*** EXCERPTED DATA Section Begins ***

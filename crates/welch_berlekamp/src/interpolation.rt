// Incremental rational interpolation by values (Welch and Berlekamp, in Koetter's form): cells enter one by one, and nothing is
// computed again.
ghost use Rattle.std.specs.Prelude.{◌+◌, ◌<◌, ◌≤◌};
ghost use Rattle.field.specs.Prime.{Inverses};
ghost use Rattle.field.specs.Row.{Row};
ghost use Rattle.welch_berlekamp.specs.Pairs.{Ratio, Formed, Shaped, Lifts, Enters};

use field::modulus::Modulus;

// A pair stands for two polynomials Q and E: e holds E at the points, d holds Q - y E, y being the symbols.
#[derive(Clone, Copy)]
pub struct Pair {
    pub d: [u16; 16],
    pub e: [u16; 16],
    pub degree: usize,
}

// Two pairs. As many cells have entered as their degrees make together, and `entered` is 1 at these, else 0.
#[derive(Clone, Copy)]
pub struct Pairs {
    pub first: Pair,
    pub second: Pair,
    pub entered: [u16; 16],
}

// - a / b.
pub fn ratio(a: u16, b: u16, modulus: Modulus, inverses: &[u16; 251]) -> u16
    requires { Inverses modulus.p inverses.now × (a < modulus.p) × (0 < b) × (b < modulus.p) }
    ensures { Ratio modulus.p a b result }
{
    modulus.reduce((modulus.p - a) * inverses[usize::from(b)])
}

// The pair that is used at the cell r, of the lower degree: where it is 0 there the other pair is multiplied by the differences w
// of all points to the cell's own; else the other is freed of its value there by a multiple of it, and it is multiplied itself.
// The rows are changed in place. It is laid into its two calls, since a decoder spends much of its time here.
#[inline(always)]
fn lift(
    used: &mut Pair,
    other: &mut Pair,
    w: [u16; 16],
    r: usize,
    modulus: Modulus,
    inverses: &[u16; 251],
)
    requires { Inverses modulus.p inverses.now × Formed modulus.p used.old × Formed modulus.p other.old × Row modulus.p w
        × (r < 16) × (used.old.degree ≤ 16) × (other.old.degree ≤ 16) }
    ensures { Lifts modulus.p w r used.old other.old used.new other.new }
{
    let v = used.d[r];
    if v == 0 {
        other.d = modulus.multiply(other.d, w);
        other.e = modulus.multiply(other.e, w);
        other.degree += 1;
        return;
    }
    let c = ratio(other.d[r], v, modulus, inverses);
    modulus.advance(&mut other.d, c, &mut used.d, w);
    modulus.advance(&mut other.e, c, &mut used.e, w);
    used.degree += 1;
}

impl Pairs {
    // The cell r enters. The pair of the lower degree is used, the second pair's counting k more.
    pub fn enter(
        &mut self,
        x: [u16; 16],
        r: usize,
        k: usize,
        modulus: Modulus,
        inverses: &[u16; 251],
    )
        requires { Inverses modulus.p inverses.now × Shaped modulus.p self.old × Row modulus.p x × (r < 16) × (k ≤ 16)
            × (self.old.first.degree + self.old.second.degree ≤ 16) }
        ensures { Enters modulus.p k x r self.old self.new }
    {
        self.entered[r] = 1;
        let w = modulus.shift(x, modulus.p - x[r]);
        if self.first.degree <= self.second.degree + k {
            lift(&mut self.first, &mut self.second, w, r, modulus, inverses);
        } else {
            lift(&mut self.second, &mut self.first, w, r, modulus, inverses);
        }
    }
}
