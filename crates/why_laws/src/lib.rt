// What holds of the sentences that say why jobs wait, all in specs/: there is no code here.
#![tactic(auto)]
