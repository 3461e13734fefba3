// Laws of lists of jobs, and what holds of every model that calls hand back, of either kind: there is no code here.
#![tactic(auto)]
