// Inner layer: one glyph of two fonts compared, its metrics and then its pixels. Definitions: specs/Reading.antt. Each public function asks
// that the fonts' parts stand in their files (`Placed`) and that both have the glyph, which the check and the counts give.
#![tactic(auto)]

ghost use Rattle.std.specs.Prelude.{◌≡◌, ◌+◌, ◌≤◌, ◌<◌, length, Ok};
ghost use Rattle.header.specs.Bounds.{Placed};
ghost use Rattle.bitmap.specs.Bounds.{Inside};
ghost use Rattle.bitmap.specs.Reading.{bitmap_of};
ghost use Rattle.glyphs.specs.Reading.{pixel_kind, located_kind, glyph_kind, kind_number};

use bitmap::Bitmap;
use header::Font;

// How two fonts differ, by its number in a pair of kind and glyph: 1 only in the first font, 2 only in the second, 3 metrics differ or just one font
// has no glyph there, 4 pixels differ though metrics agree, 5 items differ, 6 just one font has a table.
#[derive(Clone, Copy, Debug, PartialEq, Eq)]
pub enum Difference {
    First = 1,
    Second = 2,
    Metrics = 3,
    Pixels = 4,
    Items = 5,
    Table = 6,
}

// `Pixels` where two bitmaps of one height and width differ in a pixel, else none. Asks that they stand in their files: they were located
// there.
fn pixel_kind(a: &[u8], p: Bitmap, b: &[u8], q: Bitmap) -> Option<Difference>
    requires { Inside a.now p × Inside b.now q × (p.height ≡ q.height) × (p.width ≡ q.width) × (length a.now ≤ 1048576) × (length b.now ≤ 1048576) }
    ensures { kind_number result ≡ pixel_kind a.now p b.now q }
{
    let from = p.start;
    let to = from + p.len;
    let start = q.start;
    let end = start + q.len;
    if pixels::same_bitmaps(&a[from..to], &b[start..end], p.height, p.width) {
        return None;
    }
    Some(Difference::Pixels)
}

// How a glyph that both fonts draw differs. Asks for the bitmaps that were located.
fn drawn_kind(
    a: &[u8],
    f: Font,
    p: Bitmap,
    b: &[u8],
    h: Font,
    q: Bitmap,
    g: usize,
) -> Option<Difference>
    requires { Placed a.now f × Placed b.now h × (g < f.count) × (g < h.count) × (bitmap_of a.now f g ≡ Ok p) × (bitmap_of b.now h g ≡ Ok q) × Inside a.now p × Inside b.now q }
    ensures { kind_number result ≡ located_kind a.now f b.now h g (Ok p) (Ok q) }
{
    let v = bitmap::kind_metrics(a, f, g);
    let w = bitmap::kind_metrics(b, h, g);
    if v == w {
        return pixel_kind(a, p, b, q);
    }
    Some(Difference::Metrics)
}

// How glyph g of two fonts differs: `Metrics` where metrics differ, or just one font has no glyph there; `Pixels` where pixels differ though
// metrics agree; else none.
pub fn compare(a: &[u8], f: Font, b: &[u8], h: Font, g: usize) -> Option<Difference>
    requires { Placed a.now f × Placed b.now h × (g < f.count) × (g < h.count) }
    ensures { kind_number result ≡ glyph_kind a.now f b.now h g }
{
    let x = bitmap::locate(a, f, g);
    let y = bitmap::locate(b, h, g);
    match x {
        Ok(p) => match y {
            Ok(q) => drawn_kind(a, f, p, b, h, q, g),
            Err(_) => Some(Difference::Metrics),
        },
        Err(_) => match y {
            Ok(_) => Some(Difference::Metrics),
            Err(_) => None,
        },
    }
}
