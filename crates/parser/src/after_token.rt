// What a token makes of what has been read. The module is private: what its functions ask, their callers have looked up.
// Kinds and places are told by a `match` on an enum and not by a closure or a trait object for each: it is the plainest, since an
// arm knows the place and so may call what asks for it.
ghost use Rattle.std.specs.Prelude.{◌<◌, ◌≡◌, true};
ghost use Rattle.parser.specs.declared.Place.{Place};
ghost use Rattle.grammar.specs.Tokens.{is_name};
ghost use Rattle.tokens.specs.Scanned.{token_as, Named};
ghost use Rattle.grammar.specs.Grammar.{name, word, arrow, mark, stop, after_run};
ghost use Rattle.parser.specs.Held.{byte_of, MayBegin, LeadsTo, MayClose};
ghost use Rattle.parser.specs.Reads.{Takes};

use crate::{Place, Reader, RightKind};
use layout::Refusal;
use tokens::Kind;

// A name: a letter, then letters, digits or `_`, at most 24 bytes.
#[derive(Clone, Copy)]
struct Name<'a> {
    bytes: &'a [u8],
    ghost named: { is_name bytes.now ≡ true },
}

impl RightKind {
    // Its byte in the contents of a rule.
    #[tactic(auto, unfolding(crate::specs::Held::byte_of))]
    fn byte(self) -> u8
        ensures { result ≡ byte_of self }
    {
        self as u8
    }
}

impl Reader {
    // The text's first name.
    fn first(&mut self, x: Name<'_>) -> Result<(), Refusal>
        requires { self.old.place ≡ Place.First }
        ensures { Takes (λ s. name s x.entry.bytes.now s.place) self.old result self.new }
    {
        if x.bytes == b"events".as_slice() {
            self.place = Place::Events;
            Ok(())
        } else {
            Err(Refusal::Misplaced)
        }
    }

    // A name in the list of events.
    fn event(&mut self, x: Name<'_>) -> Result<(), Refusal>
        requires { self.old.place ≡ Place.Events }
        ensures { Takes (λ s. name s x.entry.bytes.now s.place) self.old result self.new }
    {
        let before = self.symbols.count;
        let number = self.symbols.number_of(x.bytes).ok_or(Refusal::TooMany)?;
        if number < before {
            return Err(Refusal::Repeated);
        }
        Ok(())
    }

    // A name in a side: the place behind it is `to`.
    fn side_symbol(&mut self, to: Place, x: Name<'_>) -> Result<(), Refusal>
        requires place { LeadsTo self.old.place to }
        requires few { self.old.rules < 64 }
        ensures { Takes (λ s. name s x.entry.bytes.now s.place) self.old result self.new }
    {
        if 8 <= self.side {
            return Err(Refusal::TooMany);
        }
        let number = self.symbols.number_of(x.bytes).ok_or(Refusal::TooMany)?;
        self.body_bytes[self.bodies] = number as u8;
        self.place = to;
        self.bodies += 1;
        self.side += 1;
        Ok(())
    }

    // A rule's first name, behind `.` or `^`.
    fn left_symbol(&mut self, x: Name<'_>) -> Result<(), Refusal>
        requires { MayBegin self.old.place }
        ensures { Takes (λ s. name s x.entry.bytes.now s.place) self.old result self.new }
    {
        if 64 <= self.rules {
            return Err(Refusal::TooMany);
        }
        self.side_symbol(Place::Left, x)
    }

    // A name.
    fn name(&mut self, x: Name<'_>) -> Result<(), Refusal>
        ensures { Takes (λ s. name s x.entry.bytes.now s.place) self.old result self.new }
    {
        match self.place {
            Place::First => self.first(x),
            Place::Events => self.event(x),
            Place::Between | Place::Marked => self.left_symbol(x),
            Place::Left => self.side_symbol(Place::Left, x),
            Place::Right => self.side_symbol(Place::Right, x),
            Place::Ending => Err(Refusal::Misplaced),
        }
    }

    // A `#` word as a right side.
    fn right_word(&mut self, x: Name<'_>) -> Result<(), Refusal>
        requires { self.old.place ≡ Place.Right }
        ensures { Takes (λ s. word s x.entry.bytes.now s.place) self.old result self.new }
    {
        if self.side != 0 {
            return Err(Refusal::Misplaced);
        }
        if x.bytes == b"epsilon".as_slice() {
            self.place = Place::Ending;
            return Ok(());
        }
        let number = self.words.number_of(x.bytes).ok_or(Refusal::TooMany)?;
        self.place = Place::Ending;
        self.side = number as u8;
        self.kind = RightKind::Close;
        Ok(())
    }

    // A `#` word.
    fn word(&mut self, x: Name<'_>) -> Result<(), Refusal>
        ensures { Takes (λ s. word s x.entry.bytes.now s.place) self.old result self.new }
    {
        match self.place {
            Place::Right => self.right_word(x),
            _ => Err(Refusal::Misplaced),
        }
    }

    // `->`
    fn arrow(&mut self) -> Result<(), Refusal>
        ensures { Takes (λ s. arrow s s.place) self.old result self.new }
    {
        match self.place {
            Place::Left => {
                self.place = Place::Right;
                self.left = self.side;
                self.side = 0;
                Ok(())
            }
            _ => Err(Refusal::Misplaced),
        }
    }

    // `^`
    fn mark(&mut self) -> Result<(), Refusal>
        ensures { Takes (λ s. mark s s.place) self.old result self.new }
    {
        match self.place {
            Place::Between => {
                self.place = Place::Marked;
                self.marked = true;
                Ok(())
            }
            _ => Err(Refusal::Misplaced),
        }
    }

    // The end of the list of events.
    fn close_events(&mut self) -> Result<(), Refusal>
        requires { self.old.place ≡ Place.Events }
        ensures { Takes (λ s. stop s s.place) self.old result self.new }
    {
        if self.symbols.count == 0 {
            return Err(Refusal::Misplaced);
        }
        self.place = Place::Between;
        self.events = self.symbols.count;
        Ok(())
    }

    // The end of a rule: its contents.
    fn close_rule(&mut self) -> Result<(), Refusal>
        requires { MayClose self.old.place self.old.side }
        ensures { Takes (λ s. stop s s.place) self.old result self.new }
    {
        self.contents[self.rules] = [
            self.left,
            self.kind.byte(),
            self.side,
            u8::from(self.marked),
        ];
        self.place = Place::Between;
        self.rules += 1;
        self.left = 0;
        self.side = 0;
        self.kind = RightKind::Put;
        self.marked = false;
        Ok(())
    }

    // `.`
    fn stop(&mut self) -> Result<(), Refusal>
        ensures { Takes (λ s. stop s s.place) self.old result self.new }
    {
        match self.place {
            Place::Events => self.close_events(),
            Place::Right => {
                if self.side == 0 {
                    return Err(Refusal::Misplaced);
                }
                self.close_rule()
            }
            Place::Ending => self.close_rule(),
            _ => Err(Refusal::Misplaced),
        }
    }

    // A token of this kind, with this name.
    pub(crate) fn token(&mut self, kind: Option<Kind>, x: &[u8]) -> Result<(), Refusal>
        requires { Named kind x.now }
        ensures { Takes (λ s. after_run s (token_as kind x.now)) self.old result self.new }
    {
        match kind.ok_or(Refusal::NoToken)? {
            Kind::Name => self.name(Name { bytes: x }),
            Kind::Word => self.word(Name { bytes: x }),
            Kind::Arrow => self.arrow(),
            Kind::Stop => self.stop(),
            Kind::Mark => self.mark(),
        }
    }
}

*** EXCERPTED DATA Section Ends ***

#### [EXERCISE GOAL]
Check each line in the data for the word "Prelude", then report only how many lines contain it.

#### [SOLUTION]
3